Why is CluedIn written in C#? Isn’t that slow?
For many reasons, the team behind CluedIn purposefully chose .net core and C# as the language for our processing engine.
1: Our core development team has decades of combined experience in building large, scalable, and performant .net applications. 2: The .NET environment has jumped leaps and bounds and has continued support for Microsoft and the community. The fact that it is open-source helped in the decision as well. 3: .NET is designed to write very large applications and scale in maintaining, separation of concern, and ease of deployment. 4: .net and C# is very much not slow. Compared to the majority of popular languages today, it is very fast. Some could argue that it is not as memory-efficient, but we think that the trade-offs to deliver solutions to you faster is well worth it.

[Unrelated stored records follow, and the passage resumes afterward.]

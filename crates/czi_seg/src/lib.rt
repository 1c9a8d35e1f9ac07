//! Segment headers and the file header of the ZISRAW format: reading and writing.
//!
//! A segment is 32 bytes of header, an id of 16 bytes and two signed sizes, and its data behind them.
#![tactic(auto)]

mod file_header;
mod header;
mod id;

pub use file_header::{FileHeader, HeaderFault, read_file_header, write_file_header};
pub use header::{SegHeader, read_header, write_header};
pub use id::SegId;
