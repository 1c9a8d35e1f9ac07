//! The file header.

ghost use Rattle.std.specs.Prelude.{◌≡◌, ℕ, ◌≤◌, ◌++◌, ◌↔◌, List, pos, IfOk, IfErr, length};
ghost use Rattle.czi_format.specs.Bytes.{bytes_at, i32_at};
ghost use Rattle.czi_format.specs.Live.{file_header_bytes, front_head, has_header_sizes, header_fields, header_with};
ghost use Rattle.czi_format.specs.HeaderRules.{HeaderRefusal, header_rules};
ghost use Rattle.czi_seg.specs.View.{header_of};
ghost use Rattle.czi_seg.specs.HeaderView.{ReadsHeader, TellsHeaderRule, SaysOfHeader, fault_of, head_of};

use crate::header::{SegHeader, read_header, write_header};
use crate::id::SegId;
use czi_format::{
    ATTDIR_POSITION, DIRECTORY_POSITION, FILE_HEADER_LEN, FILE_PART, HEADER_FRONT,
    LEAST_HEADER_DATA, METADATA_POSITION, UPDATE_PENDING,
};
use czi_num::{read_bytes, read_i32, read_i64, write_bytes, write_i32, write_i64};

/// The file header of the first part of a file: the segment at place 0.
#[derive(Clone, Copy, PartialEq, Eq)]
pub struct FileHeader {
    /// The first 52 bytes of its data: the version, eight reserved bytes, PrimaryFileGuid, FileGuid and
    /// FilePart.
    pub identity: [u8; 52],
    /// DirectoryPosition: the place of the directory of subblocks, or 0 where there is none.
    pub directory: i64,
    /// MetadataPosition: the place of the metadata, or 0 where there is none.
    pub metadata: i64,
    /// UpdatePending: not 0 while a writer is at work.
    pub pending: i32,
    /// AttachmentDirectoryPosition: the place of the directory of attachments, or 0 where there is none.
    pub attachments: i64,
    /// AllocatedSize: how many bytes of data the segment has.
    pub allocated: u64,
}

/// Why no file header was read.
#[derive(Clone, Copy, PartialEq, Eq)]
pub enum HeaderFault {
    /// There are fewer than 112 bytes.
    Short,
    /// The id isn't `ZISRAWFILE`.
    BadId,
    /// A size is negative, AllocatedSize is under 80, or UsedSize is neither 0 nor from 80 to AllocatedSize.
    BadSizes,
    /// FilePart, which isn't 0: the file is one of several.
    MultiPart(i32),
}

impl FileHeader {
    /// FileGuid, in the stored order of its bytes.
    pub fn guid(&self) -> [u8; 16]
        ensures { result ≡ bytes_at self.now.identity 32 16 }
    {
        read_bytes(&self.identity, 32)
    }
}

/// The file header at the front of the bytes. Whether its extent lies in them isn't looked at.
///
/// It is refused by the first of these rules that fails: there are 112 bytes (`Short`), the id is
/// `ZISRAWFILE` (`BadId`), AllocatedSize is at least 80 and UsedSize is 0 or from 80 to AllocatedSize
/// (`BadSizes`), and FilePart is 0 (`MultiPart`).
pub fn read_file_header(bytes: &[u8]) -> Result<FileHeader, HeaderFault>
    ensures read { IfOk result (ReadsHeader bytes.now) }
    ensures refused { (refusal : HeaderRefusal) → (result ≡ Err (fault_of refusal)) ↔ (header_rules bytes.now ≡ Err refusal) }
    ensures says { IfErr result (SaysOfHeader bytes.now) }
{
    let header = read_segment(bytes)?;
    Ok(FileHeader {
        identity: read_bytes(bytes, 32),
        directory: read_i64(bytes, DIRECTORY_POSITION),
        metadata: read_i64(bytes, METADATA_POSITION),
        pending: read_i32(bytes, UPDATE_PENDING),
        attachments: read_i64(bytes, ATTDIR_POSITION),
        allocated: header.allocated,
    })
}

/// The segment of the file header at the front of the bytes, after all rules.
#[tactic(auto, unfolding(czi_format::specs::HeaderRules::header_rules, czi_format::specs::Segment::file_id))]
fn read_segment(bytes: &[u8]) -> Result<SegHeader, HeaderFault>
    ensures passes { IfOk result (λ header. header_rules bytes.now ≡ Ok (header_fields bytes.now (header_of 0 header))) }
    ensures long { IfOk result (λ _. HEADER_FRONT ≤ length bytes.now) }
    ensures refused { IfErr result (TellsHeaderRule bytes.now) }
{
    if bytes.len() < HEADER_FRONT {
        return Err(HeaderFault::Short);
    }
    if read_bytes::<16>(bytes, 0) != *b"ZISRAWFILE\0\0\0\0\0\0" {
        return Err(HeaderFault::BadId);
    }
    let Some(header) = read_header(&read_bytes(bytes, 0)) else {
        return Err(HeaderFault::BadSizes)
    };
    if !has_header_sizes(&header) {
        return Err(HeaderFault::BadSizes);
    }
    let part = read_i32(bytes, FILE_PART);
    if part != 0 {
        return Err(HeaderFault::MultiPart(part));
    }
    Ok(header)
}

/// At least 80 bytes of data, and sound sizes. A UsedSize of 0 reads as AllocatedSize.
fn has_header_sizes(header: &SegHeader) -> bool
    ensures { result ≡ has_header_sizes (header_of 0 header.now) }
{
    let least = LEAST_HEADER_DATA as u64;
    least <= header.allocated
        && (header.used == 0 || (least <= header.used && header.used <= header.allocated))
}

/// The 544 bytes of a file header with 512 bytes of data, all of them used.
pub fn write_file_header(h: &FileHeader) -> [u8; FILE_HEADER_LEN]
    requires allocated { h.now.allocated ≡ 512 }
    requires first { i32_at h.now.identity 48 ≡ pos 0 }
    ensures written { result ≡ file_header_bytes (head_of h.now) }
    ensures reads_back { (rest : List ℕ) → header_rules (result ++ rest) ≡ Ok (header_with (head_of h.now)) }
    ensures head_back { (rest : List ℕ) → front_head (result ++ rest) ≡ head_of h.now }
{
    let mut bytes = [0u8; FILE_HEADER_LEN];
    let segment = SegHeader {
        id: SegId::File,
        allocated: 512,
        used: 512,
    };
    write_bytes(&mut bytes, 0, &write_header(&segment));
    write_bytes(&mut bytes, 32, &h.identity);
    write_i64(&mut bytes, DIRECTORY_POSITION, h.directory);
    write_i64(&mut bytes, METADATA_POSITION, h.metadata);
    write_i32(&mut bytes, UPDATE_PENDING, h.pending);
    write_i64(&mut bytes, ATTDIR_POSITION, h.attachments);
    bytes
}
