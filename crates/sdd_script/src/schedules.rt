//! Schedules: steps of the collector's machine, one on each line of a text; what each is answered, and the play from the
//! bytes of the lines to the bytes of their answers.
//!
//! Lines, numbers and devices are those of a script, and the machine is the one that `safety` makes.

pub mod answer;
pub mod line;
pub mod player;
pub mod schedule;
pub mod taking;

pub use answer::{print_all, print_fault};
pub use line::parse;
pub use player::play_steps;
pub use schedule::{Schedule, parse_all};
pub use taking::take_all;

I am not a C# developer. Does that mean I can’t extend CluedIn?
The interfaces to communicate with CluedIn are actually HTTP, i.e. REST. Our C# layer essentially wraps this and talks REST. It means that you can actually use any language that you want to talk to CluedIn, however, there are some restrictions or limitations if you do this:
- You cannot inject custom logic into the same application domain as CluedIn.
- You will have to host your custom code in another host that is not CluedIn.
- You cannot currently use the crawler templates that are available only in C#.
Let’s go with some examples for you. What if you are a Python, R, SQL, or GO developer? Let’s say you want to build a custom integration that can be added through the user interface, but the code itself is written in Python.
What type of data is CluedIn not suited for?
There are many use-cases where CluedIn could be considered overkill or not fit for purpose. There are many use-cases that do not need all of the data preparation and cleaning pieces of CluedIn. It could very much be argued that IoT data doesn’t suffer from the same problems or require the same data preparation than other data such as operation business data. Hence here is a list of use-cases or data that we don’t think is necessarily suitable for CluedIn:
1: Processing Signal/IoT data that doesn’t have data quality issues or doesn’t need cataloging, governance - but instead needs to be made available in a Dashboard as fast as humanly possible. 2: If you have a limited number of systems to integrate and there are no problems determining how the records are connected between the different systems. A good example would be if you just wanted to integrate your Dropbox account with your CRM. 3: Where you do not want to move data. CluedIn copies data from sources to target. It won’t necessarily take all the data, but it is an ingestion engine. You have to be very careful with this use case as many problems cannot be properly solved without copying the data.